### Exercise requirements
What is needed is every line of the data that includes the word "comes". Please copy each one.

### Extracted records

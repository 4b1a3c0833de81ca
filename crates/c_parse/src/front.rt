//! What a first token says of a statement or a declaration.

ghost use Rattle.std.specs.Prelude.{◌≡◌};
ghost use Rattle.dpi_grammar.specs.Parser.{first};
ghost use Rattle.c_parse.specs.Front as spec;

use c_cursor::Cursor;
use c_expr::begins_expr;
use c_tree::{Class, StoreKind};
use c_types::begins_type;

/// A statement that opens a level with its first token.
#[derive(Clone, Copy)]
pub enum Nest {
    /// `{`
    Block,
    /// `if`
    If,
    /// `while`
    While,
    /// `do`
    Do,
    /// `for`
    For,
}

/// What a first token says of a statement.
#[derive(Clone, Copy)]
pub enum Front {
    /// `;`
    Empty,
    /// It opens a level.
    Nested(Nest),
    /// `return`
    Return,
    /// `break`
    Break,
    /// `continue`
    Continue,
    /// Nothing but an expression can begin so.
    Expr,
}

/// What a first token of this class says.
pub fn front_of(class: Option<Class>) -> Front
    ensures { result ≡ spec.front_of class }
{
    match class {
        Some(Class::Semicolon) => Front::Empty,
        Some(Class::Return) => Front::Return,
        Some(Class::Break) => Front::Break,
        Some(Class::Continue) => Front::Continue,
        Some(Class::OpenBrace) => Front::Nested(Nest::Block),
        Some(Class::If) => Front::Nested(Nest::If),
        Some(Class::While) => Front::Nested(Nest::While),
        Some(Class::Do) => Front::Nested(Nest::Do),
        Some(Class::For) => Front::Nested(Nest::For),
        _ => Front::Expr,
    }
}

/// Whether a statement that is no expression begins so.
fn is_marked(front: Front) -> bool
    ensures { result ≡ spec.is_marked front }
{
    !matches!(front, Front::Expr)
}

/// Whether a statement begins here (ISO C 6.8).
fn begins_stmt(tokens: &Cursor<'_>) -> bool
    ensures { result ≡ spec.begins_stmt (first tokens.now.rest) }
{
    is_marked(front_of(tokens.class())) || begins_expr(tokens)
}

/// Whether `static` or `extern` stands here (6.7.1).
pub fn begins_store(tokens: &Cursor<'_>) -> bool
    ensures { result ≡ spec.begins_store (first tokens.now.rest) }
{
    StoreKind::of(tokens.class()).is_some()
}

/// Whether a declaration of variables begins here (6.7).
pub fn begins_variables(tokens: &Cursor<'_>) -> bool
    ensures { result ≡ spec.begins_variables (first tokens.now.rest) }
{
    begins_store(tokens) || begins_type(tokens)
}

/// Whether a part of a block begins here (6.8.2).
pub fn begins_part(tokens: &Cursor<'_>) -> bool
    ensures { result ≡ spec.begins_part (first tokens.now.rest) }
{
    begins_variables(tokens) || begins_stmt(tokens)
}

/// Whether an external declaration begins here (6.9, 6.10.3).
pub fn begins_external(tokens: &Cursor<'_>) -> bool
    ensures { result ≡ spec.begins_external (first tokens.now.rest) }
{
    tokens.sees(Class::Define) || begins_variables(tokens)
}

/// Whether a size begins here (6.7.6.2).
pub fn begins_size(tokens: &Cursor<'_>) -> bool
    ensures { result ≡ spec.begins_size (first tokens.now.rest) }
{
    tokens.sees(Class::Number) || tokens.sees(Class::Name)
}
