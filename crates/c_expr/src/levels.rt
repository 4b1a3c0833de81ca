//! Levels that are left.

ghost use Rattle.std.specs.Prelude.{◌≡◌, ◌<◌, MatchResult, Some, None};
ghost use Rattle.c_expr.specs.Reading as spec;

use c_cursor::Cursor;
use dpi_grammar::Stop;

/// One level less, or that only trees of too many levels go on with the next token.
pub fn enter(tokens: &Cursor<'_>, depth: u32) -> Result<u32, Stop>
    ensures { MatchResult result
        (λ inner. (inner < depth) × (spec.inside depth ≡ Some (spec.readers inner)))
        (λ stop. (stop ≡ Stop.TooDeep tokens.now.place) × (spec.inside depth ≡ None)) }
{
    if depth == 0 {
        return Err(tokens.too_deep());
    }
    Ok(depth - 1)
}
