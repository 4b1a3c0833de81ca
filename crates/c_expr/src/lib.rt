//! Expressions of C, read from tokens (ISO C 6.5).
//!
//! Each function that reads answers as its namesake in `specs/Reading.antt` does, unless memory
//! runs out; `depth` is the number of levels that are left. `proofs/` shows that those answers are
//! exact for the trees of `c_tree`: the tree that was read is the only one, a refused token is the
//! first with which none goes on, and a level too many is named by the first token with which only
//! deeper trees go on. Levels are a parenthesised expression, the arguments of a call, an index, and
//! the part of a conditional from its `?` on; a cast's parentheses are none. So whether a `(` opens a
//! level is known by the token behind it alone, and shows there. Assignments, chains, prefixes,
//! suffixes and lists are read by loops.
#![tactic(auto)]

mod expressions;
mod front;
mod lead;
mod levels;
mod parts;

pub use expressions::{expr, exprs};
pub use front::begins_expr;
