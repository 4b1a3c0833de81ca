//! What a first token says of an expression.

ghost use Rattle.std.specs.Prelude.{◌≡◌};
ghost use Rattle.dpi_grammar.specs.Parser.{first};
ghost use Rattle.c_expr.specs.Front as spec;

use c_cursor::Cursor;
use c_tree::{AssignOperator, BinaryOperator, Class, UnaryOperator};

/// Whether an operator between operands comes next (ISO C 6.5.5 to 6.5.14).
pub fn begins_term(tokens: &Cursor<'_>) -> bool
    ensures { result ≡ spec.begins_term (first tokens.now.rest) }
{
    BinaryOperator::of(tokens.class()).is_some()
}

/// Whether an operator that assigns comes next (6.5.16).
pub fn begins_assignment(tokens: &Cursor<'_>) -> bool
    ensures { result ≡ spec.begins_assignment (first tokens.now.rest) }
{
    AssignOperator::of(tokens.class()).is_some()
}

/// Whether a suffix begins here (6.5.2).
pub fn begins_suffix(tokens: &Cursor<'_>) -> bool
    ensures { result ≡ spec.begins_suffix (first tokens.now.rest) }
{
    matches!(
        tokens.class(),
        Some(Class::OpenBracket | Class::Dot | Class::Arrow | Class::Increment | Class::Decrement)
    )
}

/// Whether an operand without prefixes and parentheses begins here (6.5.1).
fn begins_plain(tokens: &Cursor<'_>) -> bool
    ensures { result ≡ spec.begins_plain (first tokens.now.rest) }
{
    matches!(
        tokens.class(),
        Some(Class::Name | Class::Number | Class::Character | Class::Text | Class::Null)
    )
}

/// Whether a prefix begins here, or an expression in parentheses (6.5.3, 6.5.4).
pub fn begins_lead(tokens: &Cursor<'_>) -> bool
    ensures { result ≡ spec.begins_lead (first tokens.now.rest) }
{
    tokens.sees(Class::OpenParen) || UnaryOperator::of(tokens.class()).is_some()
}

/// Whether an expression begins here (6.5).
pub fn begins_expr(tokens: &Cursor<'_>) -> bool
    ensures { result ≡ spec.begins_expr (first tokens.now.rest) }
{
    begins_lead(tokens) || begins_plain(tokens)
}
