//! Labels: comments that give names to the words and locks of a program. `#: word 1 flag` names word 1 `flag`, `#:
//! words 2 5 list` names words 2 to 5 `list[0]` to `list[3]`, and `#: lock 0 mutex` names lock 0 `mutex`. Sizes behind
//! a name make an array by rows: `#: words 0 5 grid 3` names words 0 to 5 `grid[0][0]` to `grid[1][2]`. `locks` does
//! the same for locks.
#![tactic(auto)]

pub mod cut;
mod form;
mod known;
pub mod label;
pub mod laws;
mod line;
mod name;
mod reading;
mod show;
mod sizes;
mod spans;

pub use reading::{has_name, read_labels};
pub use show::{
    push_lock_label, push_lock_member, push_numbered_lock, push_numbered_word, push_word_label,
    push_word_member,
};
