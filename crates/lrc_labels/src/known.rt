// What the label lines so far say, and what their labels name.

ghost use Rattle.std.specs.Prelude.{◌≡◌, ◌≤◌, ◌++◌, ◌∷◌, [], OnOk, false, map};
ghost use Rattle.std.specs.List.{list_any};
ghost use Rattle.std.specs.Str.{bytes_eq};
ghost use Rattle.lrc_labels.specs.Known.{IsKnown, Tells};
ghost use Rattle.lrc_labels.specs.Reading.{Label as AnyLabel, first_of, is_lock, label_seen, last_of, meets, taken};

use crate::label::{Label, Reason, Target};
use crate::spans::{Span, is_reached, put};
use std::alloc::{AllocError, Global};
use std::collections::HashSet;

/// The labels so far, in the order of the text. Their words and their locks are kept as spans in ascending order too, and
/// their names as a set, so that what a label line names is looked up without a look at all labels.
#[derive(Drop)]
pub struct Known<'t> {
    pub said: Vec<Label<'t>>,
    words: Vec<Span>,
    locks: Vec<Span>,
    names: HashSet<&'t [u8]>,
}

impl<'t> Known<'t> {
    /// Returns what is known before the first line.
    pub fn new(alloc: Global) -> Known<'t>
        ensures said { result.said.items ≡ [] }
        ensures known { IsKnown result }
    {
        Known {
            said: Vec::new(alloc),
            words: Vec::new(alloc),
            locks: Vec::new(alloc),
            names: HashSet::new(alloc),
        }
    }

    /// Returns whether one of the labels has a word or a lock of this target.
    pub fn has_target(&self, target: Target) -> bool
        requires { IsKnown self.now }
        ensures { result ≡ list_any (λ label. meets label.target target)
            (map label_seen self.now.said.items) }
    {
        if is_lock(target) {
            is_reached(&self.locks, first_of(target), last_of(target))
        } else {
            is_reached(&self.words, first_of(target), last_of(target))
        }
    }

    /// Returns whether one of the labels has this name.
    pub fn has_name(&self, name: &[u8]) -> bool
        requires { IsKnown self.now }
        ensures { result ≡ list_any (λ label. bytes_eq label.name name.now)
            (map label_seen self.now.said.items) }
    {
        self.names.contains(name)
    }

    /// Adds a label whose words, locks and name no other label has. It fails only if memory runs out; then nothing is
    /// promised about what is known.
    pub fn push(&mut self, label: Label<'t>) -> Result<(), AllocError>
        requires known { IsKnown self.old }
        requires ends { first_of label.target ≤ last_of label.target }
        requires free { list_any (λ other. meets other.target label.target)
            (map label_seen self.old.said.items) ≡ false }
        ensures said { OnOk result (map label_seen self.new.said.items
            ≡ map label_seen self.old.said.items ++ label_seen label.entry ∷ []) }
        ensures known { OnOk result (IsKnown self.new) }
    {
        self.take(label.target, label.name)?;
        self.said.push(label)?;
        Ok(())
    }

    // Notes what a label names.
    fn take(&mut self, target: Target, name: &'t [u8]) -> Result<(), AllocError>
        requires known { IsKnown self.old }
        requires ends { first_of target ≤ last_of target }
        requires free { list_any (λ other. meets other.target target)
            (map label_seen self.old.said.items) ≡ false }
        ensures said { self.new.said.items ≡ self.old.said.items }
        ensures known { OnOk result ((label : AnyLabel) → label.target ≡ target
            → label.name ≡ name.entry.now
            → Tells (map label_seen self.old.said.items ++ label ∷ []) self.new) }
    {
        let span = Span {
            first: first_of(target),
            last: last_of(target),
        };
        if is_lock(target) {
            put(&mut self.locks, span)?;
        } else {
            put(&mut self.words, span)?;
        }
        self.names.insert(name)?;
        Ok(())
    }
}

fn is_lock(target: Target) -> bool
    ensures { result ≡ is_lock target }
{
    match target {
        Target::Lock(_) | Target::Locks(..) => true,
        Target::Word(_) | Target::Words(..) => false,
    }
}

fn first_of(target: Target) -> u32
    ensures { result ≡ first_of target }
{
    match target {
        Target::Word(word) => word,
        Target::Words(first, _) => first,
        Target::Lock(lock) => u32::from(lock),
        Target::Locks(first, _) => u32::from(first),
    }
}

fn last_of(target: Target) -> u32
    ensures { result ≡ last_of target }
{
    match target {
        Target::Word(word) => word,
        Target::Words(_, last) => last,
        Target::Lock(lock) => u32::from(lock),
        Target::Locks(_, last) => u32::from(last),
    }
}

/// Returns why a label says nothing whose target an earlier one has.
pub fn taken(target: Target) -> Reason
    ensures { result ≡ taken target }
{
    if is_lock(target) {
        Reason::LockTaken
    } else {
        Reason::WordTaken
    }
}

### Result of the task
/// Whether an operator between operands comes next (ISO C 6.5.5 to 6.5.14).
/// Whether an operator that assigns comes next (6.5.16).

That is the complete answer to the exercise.